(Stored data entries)
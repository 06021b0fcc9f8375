ghost use Rattle.std.specs.Prelude.{◌≡◌, ◌<◌, ◌≤◌, length};
ghost use Rattle.lat_base.specs.Shape.{target_count};
ghost use Rattle.lat_base.specs.Tally.{mark_count, votes_for, total, reading};
ghost use Rattle.lat_ballots.specs.Deck.{ballot_at};
ghost use Rattle.lat_tabulate.specs.Fitting.{AreRead};

use lat_ballots::Deck;
use lat_base::Shape;

// How many targets of contest c ballot j marks, as read.
#[tactic(auto, using(crate::proofs::Marks::marks_more, crate::proofs::Marks::first_le_next))]
fn mark_count(shape: &Shape, deck: &Deck, sources: &[u16], j: u16, c: u16) -> u16
    requires contest { c < length shape.now }
    requires ballot { j < length deck.now.ballots }
    requires targets { deck.now.targets ≡ target_count shape.now }
    requires read { AreRead shape.now sources.now }
    ensures { result ≡ mark_count shape.now (reading (ballot_at deck.now j) sources.now) c }
{
    let _contests = shape.contests();
    let first = shape.first_of(c);
    let last = shape.first_of(c + 1);
    let mut count: u16 = 0;
    for t in first..last {
        if deck.is_marked(j, sources[usize::from(t)]) {
            count += 1;
        }
    }
    count
}

// Whether ballot j votes for u, as read.
fn votes_for(shape: &Shape, deck: &Deck, sources: &[u16], j: u16, u: u16) -> bool
    requires target { u < target_count shape.now }
    requires ballot { j < length deck.now.ballots }
    requires targets { deck.now.targets ≡ target_count shape.now }
    requires read { AreRead shape.now sources.now }
    ensures { result ≡ votes_for shape.now (reading (ballot_at deck.now j) sources.now) u }
{
    let c = shape.contest_of(u);
    deck.is_marked(j, sources[usize::from(u)])
        && mark_count(shape, deck, sources, j, c) <= shape.contest(c).limit
}

/// The votes that a deck gives to target `u` where each ballot is read with the mark of its source
/// at each target. The sources may be any targets, one for each target of the style.
pub fn total_read(shape: &Shape, deck: &Deck, sources: &[u16], u: u16) -> u32
    requires target { u < target_count shape.now }
    requires targets { deck.now.targets ≡ target_count shape.now }
    requires read { AreRead shape.now sources.now }
    ensures votes { result ≡ total shape.now deck.now.ballots sources.now u }
    ensures few { result ≤ length deck.now.ballots }
{
    let mut votes: u32 = 0;
    for j in 0..deck.ballots() {
        if votes_for(shape, deck, sources, j, u) {
            votes += 1;
        }
    }
    votes
}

**ACTION ITEM:** Go through the records and copy each one exactly.

**SOLVED PROBLEM:**
repository 06021b0fcc9f8375
ghost use Rattle.std.specs.Prelude.{◌≡◌, ◌<◌, ◌≤◌, length};
ghost use Rattle.lat_base.specs.Shape.{target_count};
ghost use Rattle.lat_base.specs.Tally.{mark_count, votes_for, total, reading};
ghost use Rattle.lat_ballots.specs.Deck.{ballot_at};
ghost use Rattle.lat_tabulate.specs.Fitting.{AreRead};

use lat_ballots::Deck;
use lat_base::Shape;

// How many targets of contest c ballot j marks, as read.
#[tactic(auto, using(crate::proofs::Marks::marks_more, crate::proofs::Marks::first_le_next))]
fn mark_count(shape: &Shape, deck: &Deck, sources: &[u16], j: u16, c: u16) -> u16
    requires contest { c < length shape.now }
    requires ballot { j < length deck.now.ballots }
    requires targets { deck.now.targets ≡ target_count shape.now }
    requires read { AreRead shape.now sources.now }
    ensures { result ≡ mark_count shape.now (reading (ballot_at deck.now j) sources.now) c }
{
    let _contests = shape.contests();
    let first = shape.first_of(c);
    let last = shape.first_of(c + 1);
    let mut count: u16 = 0;
    for t in first..last {
        if deck.is_marked(j, sources[usize::from(t)]) {
            count += 1;
        }
    }
    count
}

// Whether ballot j votes for u, as read.
fn votes_for(shape: &Shape, deck: &Deck, sources: &[u16], j: u16, u: u16) -> bool
    requires target { u < target_count shape.now }
    requires ballot { j < length deck.now.ballots }
    requires targets { deck.now.targets ≡ target_count shape.now }
    requires read { AreRead shape.now sources.now }
    ensures { result ≡ votes_for shape.now (reading (ballot_at deck.now j) sources.now) u }
{
    let c = shape.contest_of(u);
    deck.is_marked(j, sources[usize::from(u)])
        && mark_count(shape, deck, sources, j, c) <= shape.contest(c).limit
}

/// The votes that a deck gives to target `u` where each ballot is read with the mark of its source
/// at each target. The sources may be any targets, one for each target of the style.
pub fn total_read(shape: &Shape, deck: &Deck, sources: &[u16], u: u16) -> u32
    requires target { u < target_count shape.now }
    requires targets { deck.now.targets ≡ target_count shape.now }
    requires read { AreRead shape.now sources.now }
    ensures votes { result ≡ total shape.now deck.now.ballots sources.now u }
    ensures few { result ≤ length deck.now.ballots }
{
    let mut votes: u32 = 0;
    for j in 0..deck.ballots() {
        if votes_for(shape, deck, sources, j, u) {
            votes += 1;
        }
    }
    votes
}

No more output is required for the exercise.